No way. He wasn’t adding another UV light. Soon enough the DEA would be knocking down the door to bust him for growing illegal substances, as he had too many lights going now. Either that or the neighbors were convinced he had a deep-seated fear of the dark. The lights matched his night-shift schedule: on all night, off in the morning. With his work schedule changing to days, he’d have to change the plants’ schedule, too. His mother preferred consistency, but it was the best he could do to keep everything alive. In another time, she’d concentrated on her family with the same meticulous consideration. Now her devotion belonged to her plants and the nursery she’d built in her backyard. Not that he wanted her fawning over him as if he was one of her struggling plants. “I’ll make it work.”

She smiled and pulled up another photograph. “The orchid has taken to the new food mixture. There’s happiness in the blooms now.”

But not in his mother. He hadn’t seen real joy in his mother in over five years, long before his brother’s unexpected death. He remembered the lightness in her laughter and happiness on her face when his father would come home and dance her to her seat at the dinner table every night. He’d even witnessed the same dance, the steps slower and more cautious, when he’d returned home from college, months before cancer stole his father and dimmed his mother’s light. Still there’d been moments after the grief had settled and the memories no longer stung. Then came Trent, when love had proved to be a poor antidote to his brother’s inner turmoil and anguish and nothing had slowed his downward spiral. Then not even Wyatt could reignite any sort of happiness in his mother.

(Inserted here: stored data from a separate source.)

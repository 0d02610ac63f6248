ghost use Rattle.std.specs.Prelude.{◌<◌, length};

use crate::lists::rows_of;
use crate::specifiers::{base_row, place_of, said, tell};
use crate::{all_rows, expect, expect_type, nodes_with, pair, push_type, quadruple, row_of};
use cr_check_constants::Constant;
use cr_check_declarators::{
    BARE, Class, Declarator, Size, adjusted, array, arrayed, cells_fault, declare, function,
    function_fault, has_whole_elements, hole, is_hole, is_object, is_too_large, is_whole_object,
    open_fault, pointed, pointer, size_of, structure_of,
};
use cr_check_enclosing::Place;
use cr_check_types::{Layout, NOTHING, Table};
use cr_syntax::{CType, Node};
use std::alloc::{AllocError, Global};
use std::test::Fail;

// A place, specifiers, and a declarator from the name outwards, in which `-` is a name alone, `()` an empty list of parameters, `(p)`
// another one, `[?]` a size without a type and `[x]` one that is no constant; `=` at the end is an initialiser. Told are the type, or
// `function` and that of the result, and the faults: the constraint and, where it stands at a bracket or a star, the number of that
// word. The structure is that of node 3, complete, with 600,000 cells. By hand from C11 6.7.6 and this project's limits.
const DECLARATORS: &str = "\
file; int; - => int
file; int; * => * int
file; int; *const => const * int
file; int; [3] => [3] int
file; int; [3] [4] => [3] [4] int
file; int; [3] * => [3] * int
file; int; * [3] => * [3] int
file; int; * *const [3] => * const * [3] int
file; void; * => * void
file; void; - => void 6
file; struct; - => S3
file; short long; [3] => none
extern; void; - => void 6
extern; int; [] => [] int
file; int; [] => [] int 14.1
file; int; [] = => [] int
file; int; * [] => * [] int 14.2
parameter; int; [] => [] int
parameter; int; [] [] => [] [] int 6
parameter; void; [3] => [3] void 6
file; void; * [3] => * [3] void 6
member; int; [] => [] int 14.1
member; void; - => void 6
member; int; *volatile => volatile * int 41.1
member; int; * *volatile => * volatile * int 41.2
file; int; *volatile => volatile * int
typedef; int; [] => [] int 14.1
typedef; void; - => void
typedef; void; [2] => [2] void 6
name; int; [] => [] int 14.1
file; int; [2] [] = => [2] [] int 6
file; int; [0] => none 7.1
file; int; [-1] => none 7.1
file; int; [x] => none 7.1
file; int; [?] => none
file; int; [2] [0] => none 7.2
file; int; [0] [0] => none 7.1
file; void; [0] => none 6 7.1
file; void; * [0] => none 6 7.2
file; void; [x] => none 6 7.1
file; int; [1048576] => [1048576] int
file; int; [1048577] => [1048577] int 7.1
file; int; [1024] [1024] => [1024] [1024] int
file; int; [1024] [1025] => [1024] [1025] int 7.1
file; int; [3] * [1048577] => [3] * [1048577] int 7.3
file; int; [1048577] * => [1048577] * int 7.1
file; int; [] [1048577] = => [] [1048577] int 7.2
file; int; [18446744073709551615] [2] => [18446744073709551615] [2] int 7.1
file; struct; [1] => [1] S3
file; struct; [2] => [2] S3 7.1
file; struct; * [2] => * [2] S3 7.2
file; struct; [2] * => [2] * S3
file; int; (p) => function int
file; int; (p) * => function * int
file; void; (p) => function void
file; struct; (p) => function S3 8
file; struct; (p) * => function * S3
file; int; (p) [3] => function [3] int 8
file; int; (p) * [3] => function * [3] int
file; int; () => function int 8
definition; int; () => function int
definition; int; (p) => function int
block; int; (p) => function int
file; int; * (p) => none 8
file; int; [3] (p) => none 8
file; int; (p) (p) => none 8
definition; int; () () => none 8
typedef; int; (p) => function int 8
parameter; int; (p) => function int 8
member; int; (p) => function int 8
member; void; (p) => function void 8
extern; void; (p) => function void
definition; int; (p) * [] => function * [] int 14.3";

// The declared type of a parameter, and its own. By hand from 6.7.6.3p7.
const PARAMETERS: &str = "\
int => int
const int => const int
* int => * int
[3] int => * int
[] const int => * const int
[2] [3] int => * [3] int
* [3] int => * [3] int
S3 => S3";

// Members, and the bytes, alignment and cells of their structure, with the constraints that it breaks and whether a member is constant.
// By hand from 6.7.2.1p15, p17 and 6.3.2.1p1; the structure of node 3 has 1,200,000 bytes of alignment 2 and 600,000 cells, and that of
// node 4 a constant member.
const STRUCTURES: &str = "\
int => 4 4 1
char, int => 8 4 2
int, char => 8 4 2
char, char, short => 4 2 3
char, * int => 16 8 2
[3] char, long => 16 8 4
char, S3 => 1200002 2 600001
S3, S3 => 2400000 2 1200000 7
const int => 4 4 1 constant
int, * const int => 16 8 2
int, const * int => 16 8 2 constant
[2] const char => 2 1 2 constant
S4 => 4 4 1 constant
[2] S4 => 8 4 2 constant
* S4 => 8 8 1";

#[test]
fn declarators_have_types_and_faults(rt: HostRuntime) -> Result<(), Fail> {
    let alloc = rt.alloc();
    let nodes = nodes_with(alloc, 5, &[3, 4])?;
    let mut table = Table::new(alloc)?;
    for row in DECLARATORS.split('\n') {
        expect_declared(alloc, &mut table, nodes.as_slice(), row)?;
    }
    Ok(())
}

#[test]
fn parameters_are_adjusted(rt: HostRuntime) -> Result<(), Fail> {
    let alloc = rt.alloc();
    let mut table = Table::new(alloc)?;
    for row in PARAMETERS.split('\n') {
        expect_adjusted(alloc, &mut table, row)?;
    }
    Ok(())
}

#[test]
fn structures_are_laid_out(rt: HostRuntime) -> Result<(), Fail> {
    let alloc = rt.alloc();
    let mut table = Table::new(alloc)?;
    for row in STRUCTURES.split('\n') {
        expect_laid_out(alloc, &mut table, row)?;
    }
    Ok(())
}

fn expect_declared(
    alloc: Global,
    table: &mut Table,
    nodes: &[Node],
    row: &str,
) -> Result<(), Fail> {
    let (place, specifiers, steps, told) = quadruple(row, "; ", " => ");
    let declared = declared_by(table, specifiers, steps)?;
    let mut found = String::new(alloc);
    push_ruled(&mut found, table, nodes, case_of(place, steps), declared)?;
    expect(row, found.as_str(), told)
}

fn expect_adjusted(alloc: Global, table: &mut Table, row: &str) -> Result<(), Fail> {
    let (text, told) = pair(row, " => ");
    let given = row_of(table, text)?;
    if given as usize >= table.len() {
        return Err(Fail::from("no type"));
    }
    let found = adjusted(table, given)?;
    expect_type(alloc, table, found, row, told)
}

fn expect_laid_out(alloc: Global, table: &mut Table, row: &str) -> Result<(), Fail> {
    let (given, told) = pair(row, " => ");
    let members = rows_of(alloc, table, given, ' ')?;
    let found = laid_out(alloc, table, members.as_slice())?;
    expect(row, found.as_str(), told)
}

fn laid_out(alloc: Global, table: &Table, members: &[u32]) -> Result<String, AllocError> {
    if !all_rows(table, members) {
        return Err(AllocError);
    }
    let found = structure_of(table, &LAYOUTS, &FIXED, members);
    let (size, alignment) = (found.layout.size, found.layout.alignment);
    let cells = found.layout.cells;
    let large = only_if(is_too_large(found.layout), " 7");
    let fixed = only_if(found.fixed, " constant");
    format!(in alloc; "{size} {alignment} {cells}{large}{fixed}")
}

fn only_if(so: bool, text: &'static str) -> &'static str {
    if so { text } else { "" }
}

const LARGE: Layout = Layout {
    size: 1_200_000,
    alignment: 2,
    cells: 600_000,
};

const SMALL: Layout = Layout {
    size: 4,
    alignment: 4,
    cells: 1,
};

// The layouts of the nodes up to the structures of nodes 3 and 4, of which the second has a constant member.
const LAYOUTS: [Layout; 5] = [NOTHING, NOTHING, NOTHING, LARGE, SMALL];

const FIXED: [bool; 5] = [false, false, false, false, true];

// A declarator so far, with the row of its derivations.
#[derive(Clone, Copy)]
struct Derived {
    declarator: Declarator,
    row: u32,
}

// How a declarator stands in its declaration.
#[derive(Clone, Copy)]
struct Case {
    place: Place,
    class: Option<Class>,
    initialised: bool,
}

fn case_of(place: &str, steps: &str) -> Case {
    let (place, class) = match place {
        "extern" => (Place::File, Some(Class::Extern)),
        "typedef" => (Place::File, Some(Class::Typedef)),
        word => (place_of(word), None),
    };
    Case {
        place,
        class,
        initialised: steps.ends_with("="),
    }
}

// A declarator with the rows of the type that its specifiers name and of the declared one.
#[derive(Clone, Copy)]
struct Declared {
    derived: Derived,
    base: u32,
    row: u32,
}

fn declared_by(table: &mut Table, specifiers: &str, steps: &str) -> Result<Declared, AllocError> {
    let base = base_row(table, said(specifiers))?;
    let derived = derived_by(table, steps)?;
    if derived.row as usize >= table.len() || base as usize >= table.len() {
        return Err(AllocError);
    }
    let row = declare(table, derived.declarator, derived.row, base)?;
    Ok(Declared { derived, base, row })
}

// Adds the type of a declarator, and its faults.
fn push_ruled(
    out: &mut String,
    table: &Table,
    nodes: &[Node],
    case: Case,
    declared: Declared,
) -> Result<(), AllocError> {
    let count = table.len();
    if declared.row as usize >= count
        || declared.base as usize >= count
        || declared.derived.row as usize >= count
    {
        return Err(AllocError);
    }
    push_declared(out, table, declared)?;
    push_faults(out, table, nodes, case, declared)
}

fn push_declared(out: &mut String, table: &Table, declared: Declared) -> Result<(), AllocError>
    requires { declared.row < length table.now }
{
    if is_untyped(table, declared.row) {
        return out.push_str("none");
    }
    let function = declared.derived.declarator.function.is_some();
    out.push_str(only_if(function, "function "))?;
    push_type(out, table, declared.row)
}

fn push_faults(
    out: &mut String,
    table: &Table,
    nodes: &[Node],
    case: Case,
    declared: Declared,
) -> Result<(), AllocError>
    requires derived { declared.derived.row < length table.now }
    requires base { declared.base < length table.now }
    requires row { declared.row < length table.now }
{
    let declarator = declared.derived.declarator;
    out.push_str(only_if(lacks_type(table, nodes, case, declared), " 6"))?;
    tell(out, 7, declarator.wrong)?;
    tell(
        out,
        7,
        cells_fault(table, &LAYOUTS, declarator, declared.base),
    )?;
    out.push_str(only_if(is_wrong_function(table, case, declared), " 8"))?;
    tell(
        out,
        14,
        open_fault(declarator, case.place, case.class, case.initialised),
    )?;
    tell(out, 41, volatile_of_member(case, declarator))
}

fn is_wrong_function(table: &Table, case: Case, declared: Declared) -> bool
    requires { declared.row < length table.now }
{
    let typedef = matches!(case.class, Some(Class::Typedef));
    function_fault(
        table,
        declared.derived.declarator,
        case.place,
        typedef,
        declared.row,
    )
}

fn volatile_of_member(case: Case, declarator: Declarator) -> Option<u32> {
    match case.place {
        Place::Member => declarator.volatile,
        _ => None,
    }
}

// Whether a type that has to be complete isn't.
fn lacks_type(table: &Table, nodes: &[Node], case: Case, declared: Declared) -> bool
    requires derived { declared.derived.row < length table.now }
    requires base { declared.base < length table.now }
    requires row { declared.row < length table.now }
{
    let derived = declared.derived;
    let function = derived.declarator.function.is_some();
    let whole = has_whole_elements(table, nodes, 9, derived.row, declared.base);
    let object = is_object(case.place, case.class, function);
    !whole || (object && !is_whole_object(table, nodes, 9, declared.row))
}

fn derived_by(table: &mut Table, steps: &str) -> Result<Derived, AllocError> {
    let row = hole(table)?;
    let mut derived = Derived {
        declarator: BARE,
        row,
    };
    let mut token = 0_u32;
    for word in steps.split(' ') {
        token = token.saturating_add(1);
        if derived.row as usize >= table.len() {
            return Err(AllocError);
        }
        derived = derive(table, derived, word, token)?;
    }
    Ok(derived)
}

fn derive(table: &mut Table, inner: Derived, word: &str, token: u32) -> Result<Derived, AllocError>
    requires { inner.row < length table.old }
{
    let declarator = inner.declarator;
    match word {
        "-" | "=" => Ok(inner),
        "()" | "(p)" => Ok(Derived {
            declarator: function(declarator, is_hole(table, inner.row), token, word == "()"),
            row: inner.row,
        }),
        "*" | "*const" => Ok(Derived {
            declarator: pointer(declarator, None),
            row: pointed(table, inner.row, word == "*const", false)?,
        }),
        "*volatile" => Ok(Derived {
            declarator: pointer(declarator, Some(token)),
            row: pointed(table, inner.row, false, true)?,
        }),
        _ => {
            let size = size_in(word);
            Ok(Derived {
                declarator: array(declarator, token, size),
                row: arrayed(table, inner.row, count_in(size))?,
            })
        }
    }
}

fn size_in(word: &str) -> Size {
    match word {
        "[]" => Size::Open,
        "[?]" => size_of(false, Constant::NotConstant),
        "[x]" => size_of(true, Constant::NotConstant),
        _ => {
            let inside = word.strip_prefix("[").unwrap_or("");
            let digits = inside.strip_suffix("]").unwrap_or("");
            size_of(true, Constant::Value(digits.parse::<i128>().unwrap_or(0)))
        }
    }
}

fn count_in(size: Size) -> u64 {
    match size {
        Size::Known(count) => count,
        Size::Open => 0,
        Size::Untyped | Size::Wrong => 1,
    }
}

fn is_untyped(table: &Table, row: u32) -> bool
    requires { row < length table.now }
{
    match table.shape(row).of {
        CType::Unknown => true,
        _ => false,
    }
}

He cracked his knuckles. The pop realigned his bones and his focus. He hadn’t slammed the door to Mia’s room, but he could slam the door on memory lane and lock it.

Besides, he needed his mother to concentrate on her recovery and talk about her living situation after room 326 on the transitional care floor at Bay Water Medical. After her discharge, all of his mother’s love could return to her flowers. He only cared that she was safe when she left the hospital. That was his duty as her son. He had her love as a child, that was enough. Something scraped across his insides like a dull razor, leaving deep gouges in its wake. He rubbed his chest and discarded the phantom ache. “Your neighbor in the Craftsman brought over his cactus last night. It’s dead.”